Circ Cardiovasc Genet. 2014 Dec;7(6):880-6. doi: 10.1161/CIRCGENETICS.113.000395. Epub 2014 Sep 11.
Statins (HMG-CoA reductase inhibitors) are the most prescribed class of lipid-lowering drugs for the treatment and prevention of cardiovascular disease. Creatine kinase (CK) is a commonly used biomarker to assist in the diagnosis of statin-induced myotoxicity but the normal range of CK concentrations is wide, which limits its use as a diagnostic biomarker.
We conducted a genome-wide association study of serum CK levels in 3412 statin users. Patients were recruited in Quebec, Canada, and genotyped on Illumina Human610-Quad and an iSelect panel enriched for lipid homeostasis, hypertension, and drug metabolism genes. We found a strong association signal between serum levels of CK and the muscle CK (CKM) gene (rs11559024: P=3.69×10(-16); R(2)=0.02) and with the leukocyte immunoglobulin-like receptor subfamily B member 5 (LILRB5) gene (rs2361797: P=1.96×10(-10); R(2)=0.01). Genetic variants in those 2 genes were independently associated with CK levels in statin users. Results were successfully replicated in 5330 participants from the Montreal Heart Institute Biobank in statin users for CKM (rs11559024: P=4.32×10(-16); R(2)=0.02) and LILRB5 (rs12975366 P=4.45×10(-10); R(2)=0.01) and statin nonusers (P=4.08×10(-7), R(2)=0.01; P=3.17×10(-9), R(2)=0.02, respectively).

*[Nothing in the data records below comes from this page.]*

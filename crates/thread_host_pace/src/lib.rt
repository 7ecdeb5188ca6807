//! The sharing of a run's turns among workers, and the scheduler's hook of the program.
//!
//! [`Pace`] says which worker takes turns of which thread, how many, and who is woken. It is a matter of speed and of who goes
//! on when, so no clause of `thread_host` speaks of it: whatever stands here, what the workers leave is a run.
//!
//! A public promise rests on `SpreadGate::pick` (its one clause): worker 0 picks by turns of 64. `Pace::place_from` has a clause
//! too, on which `thread_host` rests: the place is one of the list.
//!
//! Which book one worker writes is no promise of a clause. But two calls write the same one, and sessions of examples/ compare
//! such books. It is decided by the picks and by where rows of private turns end: `Pace::turns_here`, `turns_away` and `asks`
//! with one worker, and `lightness` of `thread_host`. So a change of those changes pages.
//!
//! Free to change for speed: what `SpreadGate` picks for the other workers, and what [`Pace`] says to several, as long as no
//! wake-up is lost (the tests `pace` of `examples_ground`).
#![tactic(auto)]

mod gates;
mod pace;

pub use gates::{SpreadGate, may_wait};
pub use pace::{Pace, Wakes};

This is the first genome-wide study to report on the underlying genetic determinants of CK variation in a population of statin users. We found statistically significant association for variants in the CKM and LILRB5 genes.
他汀类药物(HMG-CoA还原酶抑制剂)是治疗和预防心血管疾病时处方最多的一类降脂药物。肌酸激酶(CK)是一种常用的生物标志物,有助于诊断他汀类药物引起的肌毒性,但CK浓度的正常范围较宽,这限制了其作为诊断生物标志物的应用。

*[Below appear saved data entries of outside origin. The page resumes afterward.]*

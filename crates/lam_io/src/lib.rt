//! Traits for the tool's files, output and scheduler hook, with their implementations.
//!
//! A [`Shelf`] is a file store and a [`Sink`] an output stream; clauses of the traits say what each call means. Each
//! counts its faults. A generic caller cannot raise the count, so it cannot make up a fault.
//!
//! - [`MemShelf`] and [`MemSink`] hold their contents in memory and fail at the calls that a test lists.
//! - [`DirShelf`] and [`StdSink`] are the current folder and standard output, the trusted edge. Their contracts say
//!   nothing of contents.
//! - A [`Gate`] is a scheduler hook, which picks the thread that goes on. [`OpenGate`] picks by the number of the turn,
//!   and a [`TableGate`] what a test lists. `lam` has a gate of its own (`thread_host_pace`).
//!
//! The promises about printed text and written files rest on `Shelf`, `Sink` and `write_all` (clauses `set`, `others`,
//! `failed`, `refused`, `all` and `front`). Nothing here is a matter of speed.
#![tactic(auto)]

mod device;
mod memory;

ghost use Rattle.std.specs.Prelude.{◌≡◌, ◌≤◌, List, ℕ, Option, Result, Bool, [], length, take, IfOk, OnOk, OnErr, IsErrOf, IsTrue, ⊤};
ghost use Rattle.lam_io.specs.declared.ShelfFault.TheVariants.{NoMemory as no_memory};
ghost use Rattle.lam_io.specs.declared.SinkFault.{SinkFault};
ghost use Rattle.lam_io.specs.Outside.{Rose, AllStay, OthersStay, IsRead, refusals_after, Took, TookFront, IsCount, Writes};

pub use device::{DirShelf, StdSink};
pub use memory::{MemShelf, MemSink, OpenGate, TableGate};
use std::alloc::{AllocError, AllocFailed, Global};
use want_of_memory::NoMemory;

/// What reading a file gave: its bytes, or that it is not there or is longer than the limit.
#[derive(Debug, Drop)]
pub enum Got {
    Found(Vec<u8>),
    Absent,
    TooLong,
}

/// Why a shelf gave no answer. `Failed` is a fault of the shelf, which it counts.
#[derive(Clone, Copy, Debug, PartialEq, Eq)]
pub enum ShelfFault {
    Failed,
    NoMemory,
}

impl From<NoMemory> for ShelfFault {
    ghost from_gives = { λ _ e. e ≡ no_memory };

    fn from(_e: NoMemory) -> ShelfFault {
        ShelfFault::NoMemory
    }
}

impl From<AllocError> for ShelfFault {
    ghost from_gives = { λ _ e. e ≡ no_memory };

    fn from(_e: AllocError) -> ShelfFault {
        ShelfFault::NoMemory
    }
}

impl<T: Drop> From<AllocFailed<T>> for ShelfFault {
    ghost from_gives = { λ _ e. e ≡ no_memory };

    fn from(_e: AllocFailed<T>) -> ShelfFault {
        ShelfFault::NoMemory
    }
}

/// Why a sink took nothing.
#[derive(Clone, Copy, Debug, PartialEq, Eq)]
pub enum SinkFault {
    Failed,
}

/// A file store: files by their names.
///
/// Whether it tells its files, the files, how many of its calls failed, and how many of its writes it refused for want
/// of memory are its meanings in proofs.
pub trait Shelf {
    ghost tells: { Self → Bool };

    ghost files: { Self → List ℕ → Option (List ℕ) };

    ghost faults: { Self → ℕ };

    ghost refusals: { Self → ℕ };

    /// Reads a file of at most `limit` bytes. It changes no file, whatever it answers.
    fn read(&mut self, alloc: Global, name: &str, limit: u64) -> Result<Got, ShelfFault>
        ensures later { faults self.old ≤ faults self.new }
        ensures failed { IsErrOf result ShelfFault.Failed → Rose (faults self.old) (faults self.new) }
        ensures tells_on { IsTrue (tells self.old) → IsTrue (tells self.new) }
        ensures got { IsTrue (tells self.old) → IfOk result (IsRead (files self.old name.now) limit) }
        ensures stay { IsTrue (tells self.old) → AllStay (files self.old) (files self.new) }
        ensures refused { refusals self.new ≡ refusals self.old };

    /// Sets a file to these bytes, and no other. After an error that file may hold anything.
    fn write(&mut self, name: &str, bytes: &[u8]) -> Result<(), ShelfFault>
        ensures later { faults self.old ≤ faults self.new }
        ensures failed { IsErrOf result ShelfFault.Failed → Rose (faults self.old) (faults self.new) }
        ensures tells_on { IsTrue (tells self.old) → IsTrue (tells self.new) }
        ensures set { IsTrue (tells self.old) → OnOk result (files self.new name.now ≡ Some bytes.now) }
        ensures others { IsTrue (tells self.old) → OthersStay (files self.old) (files self.new) name.now }
        ensures refused { refusals self.new ≡ refusals_after result (refusals self.old) };
}

/// An output stream: where bytes go.
///
/// The bytes that it took, where it tells them, how many of its calls failed, and what a call may do (`gives`: from a
/// sink and a piece, the answer and the sink after it) are its meanings in proofs.
pub trait Sink {
    ghost taken: { Self → Option (List ℕ) };

    ghost faults: { Self → ℕ };

    ghost gives: { Self → List ℕ → Result ℕ SinkFault → Self → Type 0 } = { λ _ _ _ _. ⊤ };

    /// Takes some first bytes of the piece, at least one unless it is empty, and answers how many.
    fn write(&mut self, piece: &[u8]) -> Result<u64, SinkFault>
        ensures later { faults self.old ≤ faults self.new }
        ensures failed { OnErr result (Rose (faults self.old) (faults self.new)) }
        ensures count { IfOk result (λ n. IsCount n (length piece.now)) }
        ensures took { IfOk result (λ n. Took (taken self.old) (taken self.new) (take n piece.now)) }
        ensures nothing { OnErr result (Took (taken self.old) (taken self.new) []) }
        ensures gives { gives self.old piece.now result self.new };
}

/// A hook of a scheduler. It has no faults.
pub trait Gate {
    /// Which of the ready threads a worker takes at a turn, modulo the length of the list.
    fn pick(&self, worker: u64, turn: u64, ready: &[u32]) -> u64;

    /// Called outside the lock after each turn that a worker checked in.
    fn between(&self, worker: u64, thread: u32);
}

/// Writes all of the text, or fails with a proper front of it taken. Each call has all that is left of the text, and
/// an empty rest makes none.
pub fn write_all<O: Sink>(out: &mut O, text: &[u8]) -> Result<(), SinkFault>
    ensures later { O.faults out.old ≤ O.faults out.new }
    ensures failed { OnErr result (Rose (O.faults out.old) (O.faults out.new)) }
    ensures all { OnOk result (Took (O.taken out.old) (O.taken out.new) text.now) }
    ensures front { OnErr result (TookFront (O.taken out.old) (O.taken out.new) text.now) }
    ensures calls { Writes O.gives out.old text.now result out.new }
{
    let mut done = 0usize;
    while done < text.len() {
        let count = out.write(&text[done..])?;
        done += count as usize;
    }
    Ok(())
}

我们对3412名服用他汀类药物的患者进行了血清CK水平的全基因组关联研究。患者在加拿大魁北克招募,并在Illumina Human610-Quad以及一个富集脂质稳态、高血压和药物代谢基因的iSelect芯片上进行基因分型。我们发现血清CK水平与肌肉型CK(CKM)基因(rs11559024:P=3.69×10⁻¹⁶;R²=0.02)以及白细胞免疫球蛋白样受体B5(LILRB5)基因(rs2361797:P=1.96×10⁻¹⁰;R²=0.01)之间存在强烈的关联信号。这两个基因中的遗传变异与服用他汀类药物患者的CK水平独立相关。结果在来自蒙特利尔心脏研究所生物样本库的5330名服用他汀类药物的参与者中成功复制,CKM基因(rs11559024:P=4.32×10⁻¹⁶;R²=0.02)和LILRB5基因(rs12975366 P=4.45×10⁻¹⁰;R²=0.01),在未服用他汀类药物的参与者中也得到复制(分别为P=4.08×10⁻⁷,R²=0.01;P=3.17×10⁻⁹,R²=0.02)。
这是第一项在服用他汀类药物人群中报告CK变异潜在遗传决定因素的全基因组研究。我们发现CKM和LILRB5基因变异具有统计学意义的关联。